§ GOAL OF THE EXERCISE
Using the listing, copy each whole line that features "opposite".

*** RECORDS TO PROCESS Section Begins ***

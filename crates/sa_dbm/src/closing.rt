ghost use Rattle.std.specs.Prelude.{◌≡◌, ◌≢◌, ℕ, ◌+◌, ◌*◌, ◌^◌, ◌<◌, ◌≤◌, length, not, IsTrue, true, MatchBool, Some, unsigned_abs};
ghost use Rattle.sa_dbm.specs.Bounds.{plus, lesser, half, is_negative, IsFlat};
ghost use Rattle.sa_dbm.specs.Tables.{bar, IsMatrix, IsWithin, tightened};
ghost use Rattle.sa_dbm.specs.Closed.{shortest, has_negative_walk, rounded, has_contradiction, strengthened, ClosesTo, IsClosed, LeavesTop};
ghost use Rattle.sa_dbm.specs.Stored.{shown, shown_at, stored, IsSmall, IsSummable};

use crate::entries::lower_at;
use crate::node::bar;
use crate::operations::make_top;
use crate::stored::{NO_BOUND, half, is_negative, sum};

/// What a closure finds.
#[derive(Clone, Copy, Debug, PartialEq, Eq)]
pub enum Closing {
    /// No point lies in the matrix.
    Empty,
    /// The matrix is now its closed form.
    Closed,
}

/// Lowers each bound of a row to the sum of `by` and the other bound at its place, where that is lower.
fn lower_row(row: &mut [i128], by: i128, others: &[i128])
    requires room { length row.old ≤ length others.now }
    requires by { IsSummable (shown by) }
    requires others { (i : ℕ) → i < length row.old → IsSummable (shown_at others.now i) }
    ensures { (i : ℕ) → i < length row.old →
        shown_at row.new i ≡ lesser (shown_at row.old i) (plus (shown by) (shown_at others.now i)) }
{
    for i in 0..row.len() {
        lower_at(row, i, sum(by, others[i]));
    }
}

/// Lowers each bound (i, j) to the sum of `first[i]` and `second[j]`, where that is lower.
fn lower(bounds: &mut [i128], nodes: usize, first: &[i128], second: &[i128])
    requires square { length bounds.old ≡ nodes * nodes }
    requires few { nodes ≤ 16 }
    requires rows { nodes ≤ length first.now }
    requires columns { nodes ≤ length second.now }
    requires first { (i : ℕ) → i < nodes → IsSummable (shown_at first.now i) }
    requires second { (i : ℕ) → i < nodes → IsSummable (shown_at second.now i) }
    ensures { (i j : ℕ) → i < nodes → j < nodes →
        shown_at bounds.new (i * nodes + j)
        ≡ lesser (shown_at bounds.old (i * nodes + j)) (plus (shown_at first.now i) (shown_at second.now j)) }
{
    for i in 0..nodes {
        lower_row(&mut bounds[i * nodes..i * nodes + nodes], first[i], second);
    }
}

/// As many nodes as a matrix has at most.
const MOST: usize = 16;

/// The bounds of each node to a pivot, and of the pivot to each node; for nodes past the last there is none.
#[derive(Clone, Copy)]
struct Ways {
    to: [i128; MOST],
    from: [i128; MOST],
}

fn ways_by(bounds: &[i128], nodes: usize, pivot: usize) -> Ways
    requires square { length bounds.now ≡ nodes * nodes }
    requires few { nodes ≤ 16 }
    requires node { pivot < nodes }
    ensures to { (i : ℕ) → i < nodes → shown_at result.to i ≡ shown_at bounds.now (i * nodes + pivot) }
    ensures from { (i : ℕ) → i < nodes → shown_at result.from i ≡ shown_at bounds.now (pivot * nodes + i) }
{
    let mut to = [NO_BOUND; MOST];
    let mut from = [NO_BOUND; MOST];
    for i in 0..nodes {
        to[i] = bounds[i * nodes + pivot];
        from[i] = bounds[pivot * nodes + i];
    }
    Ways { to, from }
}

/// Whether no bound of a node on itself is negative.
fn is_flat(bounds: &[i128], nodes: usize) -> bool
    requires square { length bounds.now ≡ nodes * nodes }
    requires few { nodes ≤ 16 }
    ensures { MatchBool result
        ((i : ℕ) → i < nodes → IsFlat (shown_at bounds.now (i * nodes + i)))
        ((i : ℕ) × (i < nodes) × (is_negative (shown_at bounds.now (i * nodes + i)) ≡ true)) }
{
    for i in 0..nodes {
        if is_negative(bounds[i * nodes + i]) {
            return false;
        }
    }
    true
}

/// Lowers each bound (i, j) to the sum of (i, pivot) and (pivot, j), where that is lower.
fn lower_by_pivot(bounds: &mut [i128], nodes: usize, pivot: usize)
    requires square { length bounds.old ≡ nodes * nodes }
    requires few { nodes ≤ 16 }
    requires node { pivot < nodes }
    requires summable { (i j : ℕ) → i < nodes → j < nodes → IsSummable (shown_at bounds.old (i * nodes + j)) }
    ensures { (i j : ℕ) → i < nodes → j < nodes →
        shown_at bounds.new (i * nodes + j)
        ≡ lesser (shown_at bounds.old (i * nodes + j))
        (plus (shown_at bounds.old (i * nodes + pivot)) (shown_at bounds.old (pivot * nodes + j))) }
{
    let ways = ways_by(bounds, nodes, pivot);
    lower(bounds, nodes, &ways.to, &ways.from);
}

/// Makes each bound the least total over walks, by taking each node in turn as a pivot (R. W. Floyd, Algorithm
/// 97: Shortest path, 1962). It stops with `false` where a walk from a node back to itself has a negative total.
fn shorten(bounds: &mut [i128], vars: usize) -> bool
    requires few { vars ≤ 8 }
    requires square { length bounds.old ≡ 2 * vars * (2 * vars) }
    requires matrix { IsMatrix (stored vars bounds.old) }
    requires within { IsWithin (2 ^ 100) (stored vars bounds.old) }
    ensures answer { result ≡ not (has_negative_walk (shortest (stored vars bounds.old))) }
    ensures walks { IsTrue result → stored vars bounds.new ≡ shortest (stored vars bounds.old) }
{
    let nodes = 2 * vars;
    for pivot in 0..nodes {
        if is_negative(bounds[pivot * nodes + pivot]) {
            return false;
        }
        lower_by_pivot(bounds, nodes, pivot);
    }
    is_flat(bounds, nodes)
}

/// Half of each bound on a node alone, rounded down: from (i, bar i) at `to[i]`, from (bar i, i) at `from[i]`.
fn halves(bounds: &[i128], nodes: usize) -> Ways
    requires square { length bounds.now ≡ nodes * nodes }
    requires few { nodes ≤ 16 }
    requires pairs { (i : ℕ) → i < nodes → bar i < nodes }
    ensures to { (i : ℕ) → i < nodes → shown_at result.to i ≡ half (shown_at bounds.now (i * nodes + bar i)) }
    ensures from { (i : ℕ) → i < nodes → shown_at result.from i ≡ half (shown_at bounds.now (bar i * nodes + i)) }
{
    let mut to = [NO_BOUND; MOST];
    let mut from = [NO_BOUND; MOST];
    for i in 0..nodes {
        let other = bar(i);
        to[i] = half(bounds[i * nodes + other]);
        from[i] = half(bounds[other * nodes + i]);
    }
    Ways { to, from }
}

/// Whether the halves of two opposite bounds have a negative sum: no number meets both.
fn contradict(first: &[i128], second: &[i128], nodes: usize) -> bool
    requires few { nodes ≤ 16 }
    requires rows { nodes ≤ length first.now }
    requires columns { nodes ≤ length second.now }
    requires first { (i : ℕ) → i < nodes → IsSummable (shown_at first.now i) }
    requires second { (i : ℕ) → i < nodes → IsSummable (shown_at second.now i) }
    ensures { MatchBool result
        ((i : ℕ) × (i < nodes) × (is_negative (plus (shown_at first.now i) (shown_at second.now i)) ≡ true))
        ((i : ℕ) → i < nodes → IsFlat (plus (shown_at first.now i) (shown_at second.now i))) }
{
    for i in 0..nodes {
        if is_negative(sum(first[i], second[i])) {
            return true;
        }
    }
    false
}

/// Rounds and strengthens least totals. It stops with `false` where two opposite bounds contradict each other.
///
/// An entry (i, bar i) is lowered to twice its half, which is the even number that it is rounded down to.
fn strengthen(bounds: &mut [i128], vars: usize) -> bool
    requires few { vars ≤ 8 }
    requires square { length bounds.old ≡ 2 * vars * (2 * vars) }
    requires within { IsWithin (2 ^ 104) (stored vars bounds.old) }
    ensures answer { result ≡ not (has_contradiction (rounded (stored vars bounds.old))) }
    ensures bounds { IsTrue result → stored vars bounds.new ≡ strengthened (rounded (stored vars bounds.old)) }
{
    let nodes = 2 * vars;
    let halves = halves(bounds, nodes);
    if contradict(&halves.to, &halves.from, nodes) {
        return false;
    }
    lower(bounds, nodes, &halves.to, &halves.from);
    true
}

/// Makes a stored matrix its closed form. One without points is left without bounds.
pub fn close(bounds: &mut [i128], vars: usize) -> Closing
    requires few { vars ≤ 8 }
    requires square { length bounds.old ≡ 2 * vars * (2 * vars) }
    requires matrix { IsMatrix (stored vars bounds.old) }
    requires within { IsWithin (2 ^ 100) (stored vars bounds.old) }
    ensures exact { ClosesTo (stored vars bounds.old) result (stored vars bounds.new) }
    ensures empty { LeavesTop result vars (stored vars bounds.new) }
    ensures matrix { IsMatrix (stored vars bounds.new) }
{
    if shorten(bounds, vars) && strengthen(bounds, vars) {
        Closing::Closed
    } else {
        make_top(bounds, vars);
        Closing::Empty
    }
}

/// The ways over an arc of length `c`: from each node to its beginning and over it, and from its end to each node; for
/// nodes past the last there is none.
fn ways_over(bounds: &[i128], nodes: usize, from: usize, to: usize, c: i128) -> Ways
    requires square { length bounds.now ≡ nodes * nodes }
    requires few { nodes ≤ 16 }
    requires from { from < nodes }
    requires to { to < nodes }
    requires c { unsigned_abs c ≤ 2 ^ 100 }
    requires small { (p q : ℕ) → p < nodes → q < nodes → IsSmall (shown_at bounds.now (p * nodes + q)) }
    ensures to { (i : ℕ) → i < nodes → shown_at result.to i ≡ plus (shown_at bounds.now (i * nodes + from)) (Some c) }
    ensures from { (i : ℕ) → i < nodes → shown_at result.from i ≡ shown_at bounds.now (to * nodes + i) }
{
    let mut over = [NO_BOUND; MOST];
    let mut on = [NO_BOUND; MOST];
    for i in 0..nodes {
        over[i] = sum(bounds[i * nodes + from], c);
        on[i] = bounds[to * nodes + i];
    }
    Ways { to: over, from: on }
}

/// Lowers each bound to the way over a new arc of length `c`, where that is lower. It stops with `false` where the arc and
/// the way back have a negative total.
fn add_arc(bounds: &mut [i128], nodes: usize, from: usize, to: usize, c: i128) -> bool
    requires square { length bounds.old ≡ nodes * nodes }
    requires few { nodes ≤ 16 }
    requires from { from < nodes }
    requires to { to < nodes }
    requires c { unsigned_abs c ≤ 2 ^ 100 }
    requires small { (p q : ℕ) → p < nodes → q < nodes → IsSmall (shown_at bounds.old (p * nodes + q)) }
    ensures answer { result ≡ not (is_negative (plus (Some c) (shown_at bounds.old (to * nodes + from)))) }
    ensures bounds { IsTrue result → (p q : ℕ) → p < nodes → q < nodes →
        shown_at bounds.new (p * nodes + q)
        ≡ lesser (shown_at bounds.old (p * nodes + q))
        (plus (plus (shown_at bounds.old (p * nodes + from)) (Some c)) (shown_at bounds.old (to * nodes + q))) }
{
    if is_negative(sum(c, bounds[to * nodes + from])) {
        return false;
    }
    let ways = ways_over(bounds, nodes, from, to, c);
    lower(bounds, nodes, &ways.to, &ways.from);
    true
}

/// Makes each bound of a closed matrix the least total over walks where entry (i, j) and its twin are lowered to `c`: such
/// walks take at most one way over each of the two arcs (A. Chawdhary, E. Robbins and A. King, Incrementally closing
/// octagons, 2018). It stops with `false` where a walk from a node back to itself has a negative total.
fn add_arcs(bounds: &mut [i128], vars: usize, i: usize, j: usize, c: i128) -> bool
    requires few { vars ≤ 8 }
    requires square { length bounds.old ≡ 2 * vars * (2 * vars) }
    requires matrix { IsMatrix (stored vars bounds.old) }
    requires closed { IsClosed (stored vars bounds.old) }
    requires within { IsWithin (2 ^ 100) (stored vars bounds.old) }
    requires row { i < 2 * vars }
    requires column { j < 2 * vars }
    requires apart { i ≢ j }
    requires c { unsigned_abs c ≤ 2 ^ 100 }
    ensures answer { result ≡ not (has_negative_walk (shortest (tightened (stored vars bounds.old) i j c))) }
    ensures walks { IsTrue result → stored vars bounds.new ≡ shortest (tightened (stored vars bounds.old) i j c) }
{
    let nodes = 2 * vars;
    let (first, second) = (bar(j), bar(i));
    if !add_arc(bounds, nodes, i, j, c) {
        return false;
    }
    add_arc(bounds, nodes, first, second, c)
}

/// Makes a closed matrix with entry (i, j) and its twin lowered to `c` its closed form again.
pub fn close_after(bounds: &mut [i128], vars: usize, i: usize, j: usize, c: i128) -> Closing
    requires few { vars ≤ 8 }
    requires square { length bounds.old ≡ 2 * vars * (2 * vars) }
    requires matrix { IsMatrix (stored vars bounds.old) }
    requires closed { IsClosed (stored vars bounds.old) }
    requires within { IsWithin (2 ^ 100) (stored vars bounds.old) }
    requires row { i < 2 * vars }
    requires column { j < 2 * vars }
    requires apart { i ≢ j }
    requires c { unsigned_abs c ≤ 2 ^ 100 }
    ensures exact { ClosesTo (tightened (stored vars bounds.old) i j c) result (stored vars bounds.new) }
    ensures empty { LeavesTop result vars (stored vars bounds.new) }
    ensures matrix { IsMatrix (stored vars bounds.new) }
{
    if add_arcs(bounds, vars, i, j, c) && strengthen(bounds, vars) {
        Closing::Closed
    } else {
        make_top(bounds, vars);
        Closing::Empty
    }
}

*** RECORDS TO PROCESS Section Ends ***

§ SOLUTION TO THIS PROBLEM
/// Whether the halves of two opposite bounds have a negative sum: no number meets both.
/// Rounds and strengthens least totals. It stops with `false` where two opposite bounds contradict each other.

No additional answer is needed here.